Millar Ewan Ka, Browne Lois H, Beretov Julia, Lee Kirsty, Lynch Jodi, Swarbrick Alexander, Graham Peter H
Department of Anatomical Pathology, NSW Health Pathology, St George Hospital, Kogarah, NSW 2217, Australia.
St George & Sutherland Clinical School, UNSW Sydney, Kensington, NSW 2052, Australia.
Cancers (Basel). 2020 Dec 13;12(12):3749. doi: 10.3390/cancers12123749.

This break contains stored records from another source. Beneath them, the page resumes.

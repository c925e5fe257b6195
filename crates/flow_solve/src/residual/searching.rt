//! Breadth-first searches of the residual network: forwards from sources, or backwards from sinks.
//!
//! One loop serves both directions. It walks the half-arcs that leave a node. Forwards it may use such a half-arc, and
//! backwards its twin, which leads to the node. It reads the node at the other end first, which is no step, and looks
//! only if that node is unseen. A search can stop early: wanted nodes have a distance of their own while they are
//! unseen, so that the search counts them when it reaches them. The distances are the levels of a layered network
//! (Dinitz 1970).
ghost use Rattle.std.specs.Prelude.{◌⊎◌, ◌≡◌, ℕ, List, IsTrue, IfSome, IfNone, ◌+◌, ◌-◌, ◌*◌, ◌<◌, ◌≤◌, length};
ghost use Rattle.std.specs.Prelude.{slice_index};
ghost use Rattle.std.specs.List.{All};
ghost use Rattle.flow_net.specs.Nets.{Net, IsNode};
ghost use Rattle.flow_net.specs.Limits.{IsNet};
ghost use Rattle.flow_net.specs.NodeSets.{one_of};
ghost use Rattle.flow_net.specs.Flows.{Fits};
ghost use Rattle.flow_net.specs.Residual.{head_of};
ghost use Rattle.flow_solve.specs.residual.Packs.{IsPacked, halves_of};
ghost use Rattle.flow_solve.specs.Steps.{OnlyLooks};
ghost use Rattle.flow_solve.specs.residual.HalfArcs.{twin_of, crossed};
ghost use Rattle.flow_solve.specs.residual.Searches.{AreCells, Brings, EndsSoon, HasArrived, HasDone};
ghost use Rattle.flow_solve.specs.residual.Searches.{HasFollowed, GoesOn, HasMissed, HasSearched, IsArrival, IsCount};
ghost use Rattle.flow_solve.specs.residual.Searches.{IsMarked, IsNear, IsNoArrival, IsQueue, IsSearch, next_in};
ghost use Rattle.flow_solve.specs.residual.Searches.{place_over, unseen_cell};

use crate::residual::half_arcs::{Direction, cross, head};
use crate::residual::packing::Packed;
use flow_net::{FlowTable, MOST_NODES, Network};

/// Stands for the distance of a node that wasn't seen.
pub(crate) const FAR: u32 = u32::MAX;

/// Stands for the distance of a node that wasn't seen and that the search looks out for.
pub(crate) const WANTED: u32 = u32::MAX - 1;

/// What a search is to do.
#[derive(Clone, Copy)]
pub(crate) struct Plan<'a> {
    /// The network that it goes over, with the half-arcs side by side.
    pub packed: Packed<'a>,
    /// Which way it goes.
    pub direction: Direction,
    /// The nodes that it goes from.
    pub starts: &'a [u32],
    /// The nodes that it looks out for.
    pub until: &'a [u32],
    /// It stops as soon as it has seen so many of these.
    pub enough: u32,
}

/// How far a search is: numbers of places, all of which stand in its queue.
#[derive(Clone, Copy)]
pub(crate) struct Progress {
    /// Those whose half-arcs it has followed, the first in the queue.
    pub followed: u32,
    /// Those that it has seen: the end of the queue.
    pub seen: u32,
    /// Those among the seen ones that it looks out for.
    pub wanted: u32,
}

/// A search that comes to an unseen place.
#[derive(Clone, Copy)]
pub(crate) struct Arrival {
    /// The place.
    pub place: u32,
    /// Its distance.
    pub level: u32,
    /// The half-arc over which the search comes; any number for a start.
    pub half: u32,
}

/// Gives an unseen place its distance and the half-arc that led to it, and puts it at the end of the queue.
fn enter(
    dist: &mut [u32],
    via: &mut [u32],
    queue: &mut [u32],
    progress: Progress,
    arrival: Arrival,
) -> Progress
    requires search { IsSearch dist.old via.old queue.old progress }
    requires arrival { IsArrival dist.old progress arrival }
    ensures search { IsSearch dist.new via.new queue.new result }
    ensures grown { GoesOn dist.old via.old queue.old progress dist.new via.new queue.new result }
    ensures arrived { HasArrived dist.new via.new arrival }
    ensures come { (p : ℕ) → IsMarked dist.new p → IsMarked dist.old p ⊎ (p ≡ arrival.place) }
    ensures followed { result.followed ≡ progress.followed }
{
    let place = arrival.place as usize;
    // The two numbers for an unseen node differ by one.
    let wanted = progress.wanted + (FAR - dist[place]);
    dist[place] = arrival.level;
    via[place] = arrival.half;
    queue[progress.seen as usize] = arrival.place;
    Progress {
        followed: progress.followed,
        seen: progress.seen + 1,
        wanted,
    }
}

/// Where a half-arc that leaves a node brings the search, if it leads to an unseen node and the search may go there. It
/// looks only if the node is unseen.
fn arrive(
    plan: Plan<'_>,
    flow: &mut FlowTable,
    dist: &[u32],
    half: u32,
    level: u32,
) -> Option<Arrival>
    requires limits { IsNet plan.packed.net.now }
    requires fits { Fits plan.packed.net.now flow.old.flows }
    requires cells { length dist.now ≡ plan.packed.net.now.nodes }
    requires half { half < 2 * length plan.packed.net.now.arcs }
    ensures some { IfSome result (Brings plan.entry flow.old.flows half level) }
    ensures unseen { IfSome result (λ a. (a.place < length dist.now) × (WANTED ≤ slice_index dist.now a.place)) }
    ensures none { IfNone result (IsNoArrival plan.entry flow.old.flows half dist.now) }
    ensures looks { OnlyLooks flow.old flow.new 1 }
    ensures no_look { IsMarked dist.now (place_over plan.entry half) → flow.new.steps ≡ flow.old.steps }
{
    let net = plan.packed.net;
    let place = head(net, half) - 1;
    if dist[place as usize] < WANTED {
        return None;
    }
    let half = cross(plan.direction, half);
    let (_, room) = flow.look(net, half);
    if room > 0 {
        Some(Arrival { place, level, half })
    } else {
        None
    }
}

/// Follows each half-arc that leaves the next place in the queue.
fn follow_all(
    plan: Plan<'_>,
    flow: &mut FlowTable,
    dist: &mut [u32],
    via: &mut [u32],
    queue: &mut [u32],
    progress: Progress,
) -> Progress
    requires fits { Fits plan.packed.net.now flow.old.flows }
    requires packed { IsPacked plan.packed.net.now plan.packed.first.now plan.packed.halves.now }
    requires cells { length dist.old ≡ plan.packed.net.now.nodes }
    requires search { IsSearch dist.old via.old queue.old progress }
    requires next { progress.followed < progress.seen }
    requires near { IsNear dist.old (slice_index dist.old (next_in queue.old progress) + 1) }
    ensures search { IsSearch dist.new via.new queue.new result }
    ensures grown { GoesOn dist.old via.old queue.old progress dist.new via.new queue.new result }
    ensures followed { HasFollowed plan.entry flow.old.flows (next_in queue.old progress) dist.old dist.new via.new }
    ensures next { result.followed ≡ progress.followed + 1 }
    ensures looks { OnlyLooks flow.old flow.new (halves_of plan.entry.packed (next_in queue.old progress)) }
{
    let Packed { net, first, halves } = plan.packed;
    let place = queue[progress.followed as usize] as usize;
    let level = dist[place] + 1;
    let mut progress = progress;
    for spot in first[place]..first[place + 1] {
        if let Some(arrival) = arrive(plan, flow, dist, halves[spot as usize], level) {
            progress = enter(dist, via, queue, progress, arrival);
        }
    }
    progress.followed += 1;
    progress
}

/// Makes all nodes unseen, and tells apart those that the search looks out for.
fn look_out(dist: &mut [u32], until: &[u32])
    requires until { All (λ v. (1 ≤ v) × (v ≤ length dist.old)) until.now }
    ensures unseen { (p : ℕ) → p < length dist.old → slice_index dist.new p ≡ unseen_cell until.now p }
{
    dist.fill(FAR);
    for node in until {
        dist[*node as usize - 1] = WANTED;
    }
}

/// Enters a node with distance 0, unless it was seen.
fn start(dist: &mut [u32], via: &mut [u32], queue: &mut [u32], progress: &mut Progress, node: u32)
    requires search { IsSearch dist.old via.old queue.old progress.old }
    requires node { (1 ≤ node) × (node ≤ length dist.old) }
    requires near { IsNear dist.old 0 }
    ensures search { IsSearch dist.new via.new queue.new progress.new }
    ensures near { IsNear dist.new 0 }
    ensures grown { GoesOn dist.old via.old queue.old progress.old dist.new via.new queue.new progress.new }
    ensures here { IsMarked dist.new (node - 1) }
    ensures come { (p : ℕ) → IsMarked dist.new p → IsMarked dist.old p ⊎ (p + 1 ≡ node) }
    ensures followed { progress.new.followed ≡ progress.old.followed }
{
    let place = node - 1;
    if dist[place as usize] >= WANTED {
        let arrival = Arrival {
            place,
            level: 0,
            half: 0,
        };
        *progress = enter(dist, via, queue, *progress, arrival);
    }
}

/// Enters each start with distance 0, where all nodes are unseen.
fn start_all(starts: &[u32], dist: &mut [u32], via: &mut [u32], queue: &mut [u32]) -> Progress
    requires starts { All (λ v. (1 ≤ v) × (v ≤ length dist.old)) starts.now }
    requires unseen { (p : ℕ) → p < length dist.old → WANTED ≤ slice_index dist.old p }
    requires via_size { length via.old ≡ length dist.old }
    requires queue_size { length queue.old ≡ length dist.old }
    requires few { length dist.old ≤ MOST_NODES }
    ensures search { IsSearch dist.new via.new queue.new result }
    ensures near { IsNear dist.new 0 }
    ensures begun { (i : ℕ) → i < length starts.now → IsMarked dist.new (slice_index starts.now i - 1) }
    ensures come { (p : ℕ) → p < length dist.old → IsMarked dist.new p → IsTrue (one_of starts.now (p + 1)) }
    ensures count { (until : List ℕ) → IsCount until dist.old 0 → IsCount until dist.new result.wanted }
    ensures followed { result.followed ≡ 0 }
{
    let mut progress = Progress {
        followed: 0,
        seen: 0,
        wanted: 0,
    };
    for node in starts {
        start(dist, via, queue, &mut progress, *node);
    }
    progress
}

/// Searches from the starts, over half-arcs with a residual capacity, until it has seen `plan.enough` of the nodes that
/// it looks out for, or else all nodes that it can come to. Each node that is seen gets its distance, in half-arcs, and
/// the half-arc over which the search came to it; `queue` has their places, the nearest first. At most one look at each
/// half-arc.
pub(crate) fn search(
    plan: Plan<'_>,
    flow: &mut FlowTable,
    dist: &mut [u32],
    via: &mut [u32],
    queue: &mut [u32],
) -> Progress
    requires fits { Fits plan.packed.net.now flow.old.flows }
    requires packed { IsPacked plan.packed.net.now plan.packed.first.now plan.packed.halves.now }
    requires starts { All (IsNode plan.packed.net.now) plan.starts.now }
    requires until { All (IsNode plan.packed.net.now) plan.until.now }
    requires cells { AreCells plan.packed.net.now dist.old via.old queue.old }
    ensures searched { HasSearched plan.entry flow.old.flows dist.new via.new }
    ensures whole { result.wanted < plan.entry.enough → HasDone plan.entry flow.old.flows dist.new }
    ensures missed { result.wanted ≡ 0 → 1 ≤ plan.entry.enough → HasMissed plan.entry flow.old.flows dist.new }
    ensures soon { EndsSoon plan.entry result.wanted dist.new }
    ensures count { IsCount plan.entry.until.now dist.new result.wanted }
    ensures queue { IsQueue dist.new queue.new result.seen }
    ensures looks { OnlyLooks flow.old flow.new (2 * length plan.entry.packed.net.now.arcs) }
{
    look_out(dist, plan.until);
    let mut progress = start_all(plan.starts, dist, via, queue);
    // The label names the loop's invariant, `invariant-places`.
    'places: while progress.followed < progress.seen && progress.wanted < plan.enough {
        progress = follow_all(plan, flow, dist, via, queue, progress);
    }
    progress
}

We aimed to determine the clinical significance of tumour stroma ratio (TSR) in luminal and triple negative breast cancer (TNBC) using digital image analysis and machine learning algorithms. Automated image analysis using QuPath software was applied to a cohort of 647 breast cancer patients (403 luminal and 244 TNBC) using digital H&E images of tissue microarrays (TMAs). Kaplan-Meier and Cox proportional hazards were used to ascertain relationships with overall survival (OS) and breast cancer specific survival (BCSS). For TNBC, low TSR (high stroma) was associated with poor prognosis for both OS (HR 1.9, CI 1.1-3.3, = 0.021) and BCSS (HR 2.6, HR 1.3-5.4, = 0.007) in multivariate models, independent of age, size, grade, sTILs, lymph nodal status and chemotherapy. However, for luminal tumours, low TSR (high stroma) was associated with a favourable prognosis in MVA for OS (HR 0.6, CI 0.4-0.8, = 0.001) but not for BCSS. TSR is a prognostic factor of most significance in TNBC, but also in luminal breast cancer, and can be reliably assessed using quantitative image analysis of TMAs. Further investigation into the contribution of tumour subtype stromal phenotype may further refine these findings.
我们旨在通过数字图像分析和机器学习算法来确定肿瘤基质比率(TSR)在管腔型和三阴性乳腺癌(TNBC)中的临床意义。使用QuPath软件进行自动图像分析,将其应用于一组647例乳腺癌患者(403例管腔型和244例TNBC),使用组织微阵列(TMA)的数字苏木精和伊红(H&E)图像。采用Kaplan-Meier法和Cox比例风险模型来确定与总生存期(OS)和乳腺癌特异性生存期(BCSS)的关系。对于TNBC,在多变量模型中,低TSR(高基质)与OS(风险比[HR] 1.9,置信区间[CI] 1.1 - 3.3,P = 0.021)和BCSS(HR 2.6,HR 1.3 - 5.4,P = 0.007)的不良预后相关,独立于年龄、大小、分级、肿瘤浸润淋巴细胞(sTILs)、淋巴结状态和化疗。然而,对于管腔型肿瘤,低TSR(高基质)在多变量分析中与OS的良好预后相关(HR 0.6,CI 0.4 - 0.8,P = 0.001),但与BCSS无关。TSR是TNBC中最重要的预后因素,但在管腔型乳腺癌中也是如此,并且可以通过对TMA进行定量图像分析来可靠地评估。对肿瘤亚型基质表型贡献的进一步研究可能会进一步完善这些发现。